# Collected data:
[Start of section]

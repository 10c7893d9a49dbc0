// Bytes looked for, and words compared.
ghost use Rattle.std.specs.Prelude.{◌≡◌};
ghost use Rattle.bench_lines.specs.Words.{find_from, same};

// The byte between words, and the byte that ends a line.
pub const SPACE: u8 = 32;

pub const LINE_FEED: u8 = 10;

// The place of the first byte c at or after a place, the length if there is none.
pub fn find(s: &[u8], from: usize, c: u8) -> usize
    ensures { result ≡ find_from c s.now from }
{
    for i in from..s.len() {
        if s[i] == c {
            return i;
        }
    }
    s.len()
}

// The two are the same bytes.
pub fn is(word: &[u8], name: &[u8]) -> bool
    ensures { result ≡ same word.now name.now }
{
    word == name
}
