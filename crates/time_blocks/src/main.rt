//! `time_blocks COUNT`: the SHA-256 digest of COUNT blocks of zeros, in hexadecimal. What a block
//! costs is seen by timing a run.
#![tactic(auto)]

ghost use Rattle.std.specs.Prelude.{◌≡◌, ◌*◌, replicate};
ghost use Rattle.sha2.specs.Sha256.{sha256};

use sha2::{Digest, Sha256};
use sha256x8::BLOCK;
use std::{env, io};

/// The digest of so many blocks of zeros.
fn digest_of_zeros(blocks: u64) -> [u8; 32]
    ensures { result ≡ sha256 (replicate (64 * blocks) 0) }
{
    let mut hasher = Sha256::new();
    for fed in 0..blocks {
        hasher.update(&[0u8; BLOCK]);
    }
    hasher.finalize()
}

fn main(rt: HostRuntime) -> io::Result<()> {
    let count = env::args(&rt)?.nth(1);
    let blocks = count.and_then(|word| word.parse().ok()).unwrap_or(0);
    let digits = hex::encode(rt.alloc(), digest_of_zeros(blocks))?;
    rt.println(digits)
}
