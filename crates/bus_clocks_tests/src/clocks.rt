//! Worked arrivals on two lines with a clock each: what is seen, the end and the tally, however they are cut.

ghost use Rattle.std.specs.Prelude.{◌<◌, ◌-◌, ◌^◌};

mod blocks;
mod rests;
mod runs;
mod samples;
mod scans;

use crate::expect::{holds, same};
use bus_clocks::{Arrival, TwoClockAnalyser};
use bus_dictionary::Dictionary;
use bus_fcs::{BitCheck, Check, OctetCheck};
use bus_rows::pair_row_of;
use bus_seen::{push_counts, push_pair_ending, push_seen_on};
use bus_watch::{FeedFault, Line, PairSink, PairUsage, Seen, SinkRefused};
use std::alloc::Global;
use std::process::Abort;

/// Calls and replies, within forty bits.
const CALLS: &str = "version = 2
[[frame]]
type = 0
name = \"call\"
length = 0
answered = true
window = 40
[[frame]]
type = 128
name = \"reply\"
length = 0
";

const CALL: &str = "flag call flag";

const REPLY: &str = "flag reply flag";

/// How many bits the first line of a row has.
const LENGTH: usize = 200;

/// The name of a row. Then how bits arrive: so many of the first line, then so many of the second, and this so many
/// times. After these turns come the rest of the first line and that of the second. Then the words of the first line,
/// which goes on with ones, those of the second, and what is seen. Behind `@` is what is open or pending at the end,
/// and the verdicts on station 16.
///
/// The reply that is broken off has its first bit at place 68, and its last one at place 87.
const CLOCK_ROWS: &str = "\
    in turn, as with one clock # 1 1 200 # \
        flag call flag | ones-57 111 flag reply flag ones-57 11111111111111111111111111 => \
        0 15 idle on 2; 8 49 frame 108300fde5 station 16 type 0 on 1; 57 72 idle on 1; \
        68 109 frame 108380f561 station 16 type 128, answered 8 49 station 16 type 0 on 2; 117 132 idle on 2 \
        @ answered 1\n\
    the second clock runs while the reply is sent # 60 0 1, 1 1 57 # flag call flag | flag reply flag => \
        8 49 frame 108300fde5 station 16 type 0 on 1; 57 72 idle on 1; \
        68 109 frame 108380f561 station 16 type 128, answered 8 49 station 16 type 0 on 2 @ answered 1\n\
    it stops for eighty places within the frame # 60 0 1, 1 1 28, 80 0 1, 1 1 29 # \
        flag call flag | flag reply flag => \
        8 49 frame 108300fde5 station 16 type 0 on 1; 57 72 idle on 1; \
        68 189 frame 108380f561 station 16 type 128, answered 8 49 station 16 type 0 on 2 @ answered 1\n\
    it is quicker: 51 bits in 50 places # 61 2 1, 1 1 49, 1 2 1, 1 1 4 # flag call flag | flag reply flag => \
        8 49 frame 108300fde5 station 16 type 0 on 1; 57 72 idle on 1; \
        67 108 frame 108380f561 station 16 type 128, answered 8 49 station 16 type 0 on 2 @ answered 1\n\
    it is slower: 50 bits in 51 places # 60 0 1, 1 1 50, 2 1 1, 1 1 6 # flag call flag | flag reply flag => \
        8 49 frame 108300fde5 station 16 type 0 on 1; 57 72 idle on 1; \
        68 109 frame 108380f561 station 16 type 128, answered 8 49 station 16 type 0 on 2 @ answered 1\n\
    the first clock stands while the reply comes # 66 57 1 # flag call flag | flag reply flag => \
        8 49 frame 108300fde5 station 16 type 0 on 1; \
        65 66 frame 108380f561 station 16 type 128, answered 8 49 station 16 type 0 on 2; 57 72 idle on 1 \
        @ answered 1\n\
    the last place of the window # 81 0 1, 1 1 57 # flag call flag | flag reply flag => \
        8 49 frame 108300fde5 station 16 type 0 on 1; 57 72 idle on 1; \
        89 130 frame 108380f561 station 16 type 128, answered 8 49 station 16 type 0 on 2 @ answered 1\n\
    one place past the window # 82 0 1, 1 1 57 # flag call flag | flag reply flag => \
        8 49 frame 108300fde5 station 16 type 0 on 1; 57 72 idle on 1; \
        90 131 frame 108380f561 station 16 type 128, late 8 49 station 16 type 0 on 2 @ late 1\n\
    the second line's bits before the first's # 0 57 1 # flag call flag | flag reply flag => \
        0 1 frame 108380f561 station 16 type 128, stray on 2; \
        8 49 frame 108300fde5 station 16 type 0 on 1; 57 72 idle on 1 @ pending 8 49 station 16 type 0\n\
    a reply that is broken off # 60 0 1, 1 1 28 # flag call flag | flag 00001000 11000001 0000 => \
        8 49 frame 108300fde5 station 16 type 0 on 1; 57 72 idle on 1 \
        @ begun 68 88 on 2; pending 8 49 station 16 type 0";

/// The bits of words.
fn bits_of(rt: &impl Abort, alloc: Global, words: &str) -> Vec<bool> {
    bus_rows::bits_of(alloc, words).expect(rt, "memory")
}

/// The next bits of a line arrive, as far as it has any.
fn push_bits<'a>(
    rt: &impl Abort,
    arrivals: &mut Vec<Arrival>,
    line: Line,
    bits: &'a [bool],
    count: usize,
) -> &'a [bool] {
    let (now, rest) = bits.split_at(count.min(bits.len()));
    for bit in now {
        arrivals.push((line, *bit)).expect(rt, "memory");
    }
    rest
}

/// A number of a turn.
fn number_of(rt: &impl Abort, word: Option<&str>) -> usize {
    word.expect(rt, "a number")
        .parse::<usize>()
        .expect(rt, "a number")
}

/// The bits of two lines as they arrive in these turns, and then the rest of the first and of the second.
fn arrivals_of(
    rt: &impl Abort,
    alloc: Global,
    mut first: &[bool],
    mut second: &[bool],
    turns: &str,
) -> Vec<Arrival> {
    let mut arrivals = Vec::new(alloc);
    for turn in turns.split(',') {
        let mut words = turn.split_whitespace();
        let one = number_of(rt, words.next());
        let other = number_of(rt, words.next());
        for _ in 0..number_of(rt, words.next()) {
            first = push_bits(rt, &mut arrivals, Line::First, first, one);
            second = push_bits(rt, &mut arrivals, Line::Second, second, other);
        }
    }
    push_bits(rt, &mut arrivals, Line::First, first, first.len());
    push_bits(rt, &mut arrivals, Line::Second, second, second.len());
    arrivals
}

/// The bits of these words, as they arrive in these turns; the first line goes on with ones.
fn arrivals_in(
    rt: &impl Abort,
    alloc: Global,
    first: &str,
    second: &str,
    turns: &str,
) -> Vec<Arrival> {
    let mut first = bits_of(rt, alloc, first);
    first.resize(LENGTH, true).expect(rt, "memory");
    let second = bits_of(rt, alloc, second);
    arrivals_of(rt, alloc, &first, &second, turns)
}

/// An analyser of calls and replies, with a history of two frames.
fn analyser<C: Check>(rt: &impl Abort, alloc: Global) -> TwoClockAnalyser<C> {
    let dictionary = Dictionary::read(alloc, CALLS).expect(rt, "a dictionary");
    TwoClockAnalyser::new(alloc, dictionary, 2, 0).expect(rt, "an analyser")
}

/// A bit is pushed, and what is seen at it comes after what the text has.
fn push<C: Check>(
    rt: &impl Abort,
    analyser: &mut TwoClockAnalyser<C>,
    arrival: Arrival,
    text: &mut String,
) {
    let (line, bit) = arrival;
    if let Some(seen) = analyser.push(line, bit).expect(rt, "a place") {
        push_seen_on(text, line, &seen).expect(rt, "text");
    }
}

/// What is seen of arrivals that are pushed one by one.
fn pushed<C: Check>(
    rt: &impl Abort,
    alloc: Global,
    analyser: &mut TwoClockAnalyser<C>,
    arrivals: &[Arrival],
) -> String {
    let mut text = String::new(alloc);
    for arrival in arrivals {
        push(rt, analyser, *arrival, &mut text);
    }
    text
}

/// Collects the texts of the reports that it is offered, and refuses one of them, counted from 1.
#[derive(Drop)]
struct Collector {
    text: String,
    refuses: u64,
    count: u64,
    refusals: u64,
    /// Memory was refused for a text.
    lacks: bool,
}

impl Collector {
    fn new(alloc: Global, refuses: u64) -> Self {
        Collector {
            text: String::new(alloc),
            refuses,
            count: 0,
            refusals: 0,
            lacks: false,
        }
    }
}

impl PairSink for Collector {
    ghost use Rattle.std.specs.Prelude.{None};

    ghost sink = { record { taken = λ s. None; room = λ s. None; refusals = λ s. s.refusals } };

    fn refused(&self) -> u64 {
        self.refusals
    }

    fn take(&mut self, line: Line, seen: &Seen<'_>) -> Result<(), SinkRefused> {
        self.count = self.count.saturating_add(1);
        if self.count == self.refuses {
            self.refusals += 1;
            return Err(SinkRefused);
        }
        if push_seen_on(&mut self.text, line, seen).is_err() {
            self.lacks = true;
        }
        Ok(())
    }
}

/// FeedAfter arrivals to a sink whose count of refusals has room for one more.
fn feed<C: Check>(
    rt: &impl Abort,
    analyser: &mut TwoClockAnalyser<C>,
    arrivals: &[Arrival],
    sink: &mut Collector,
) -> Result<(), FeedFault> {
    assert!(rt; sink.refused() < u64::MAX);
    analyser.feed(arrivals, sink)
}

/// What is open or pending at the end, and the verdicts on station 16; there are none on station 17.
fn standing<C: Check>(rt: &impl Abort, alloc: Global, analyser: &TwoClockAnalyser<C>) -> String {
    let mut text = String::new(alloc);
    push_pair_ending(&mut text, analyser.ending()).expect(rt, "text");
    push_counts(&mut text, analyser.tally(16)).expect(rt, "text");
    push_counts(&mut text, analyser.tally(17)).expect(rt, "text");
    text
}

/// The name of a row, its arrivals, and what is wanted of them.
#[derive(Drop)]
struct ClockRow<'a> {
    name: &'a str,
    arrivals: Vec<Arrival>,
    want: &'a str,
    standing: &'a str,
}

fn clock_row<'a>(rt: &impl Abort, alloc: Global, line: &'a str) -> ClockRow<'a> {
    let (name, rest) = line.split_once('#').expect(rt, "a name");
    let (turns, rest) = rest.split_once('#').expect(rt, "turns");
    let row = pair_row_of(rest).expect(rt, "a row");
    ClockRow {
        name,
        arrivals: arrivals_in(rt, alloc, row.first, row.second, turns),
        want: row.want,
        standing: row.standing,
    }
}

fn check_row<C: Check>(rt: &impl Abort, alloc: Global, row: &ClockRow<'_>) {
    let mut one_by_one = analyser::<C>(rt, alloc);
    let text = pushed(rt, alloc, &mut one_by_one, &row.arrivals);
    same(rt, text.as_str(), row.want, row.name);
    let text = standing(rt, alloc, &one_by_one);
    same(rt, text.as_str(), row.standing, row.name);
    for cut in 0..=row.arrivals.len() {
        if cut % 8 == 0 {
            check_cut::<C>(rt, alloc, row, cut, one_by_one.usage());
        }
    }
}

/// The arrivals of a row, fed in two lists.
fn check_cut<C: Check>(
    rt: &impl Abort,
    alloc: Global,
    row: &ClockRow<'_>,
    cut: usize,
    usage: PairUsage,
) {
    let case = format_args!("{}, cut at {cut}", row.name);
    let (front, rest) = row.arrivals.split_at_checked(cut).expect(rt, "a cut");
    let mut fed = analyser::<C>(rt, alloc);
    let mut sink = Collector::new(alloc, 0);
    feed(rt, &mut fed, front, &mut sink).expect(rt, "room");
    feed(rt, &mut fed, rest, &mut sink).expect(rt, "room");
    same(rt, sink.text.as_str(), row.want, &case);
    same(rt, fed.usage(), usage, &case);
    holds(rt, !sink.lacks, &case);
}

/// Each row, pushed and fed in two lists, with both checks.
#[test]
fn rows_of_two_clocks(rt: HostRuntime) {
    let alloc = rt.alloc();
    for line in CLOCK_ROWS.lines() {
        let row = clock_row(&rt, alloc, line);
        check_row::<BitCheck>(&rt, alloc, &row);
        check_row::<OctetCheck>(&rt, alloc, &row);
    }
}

[End of section]

# Work order:
An exact copy of the lines above between the line holding "pub fn find(s: &[u8], from: usize, c: u8)" and the line holding "the same bytes.", inclusive, is the whole answer.

# Problem solution:
pub fn find(s: &[u8], from: usize, c: u8) -> usize
    ensures { result ≡ find_from c s.now from }
{
    for i in from..s.len() {
        if s[i] == c {
            return i;
        }
    }
    s.len()
}

// The two are the same bytes.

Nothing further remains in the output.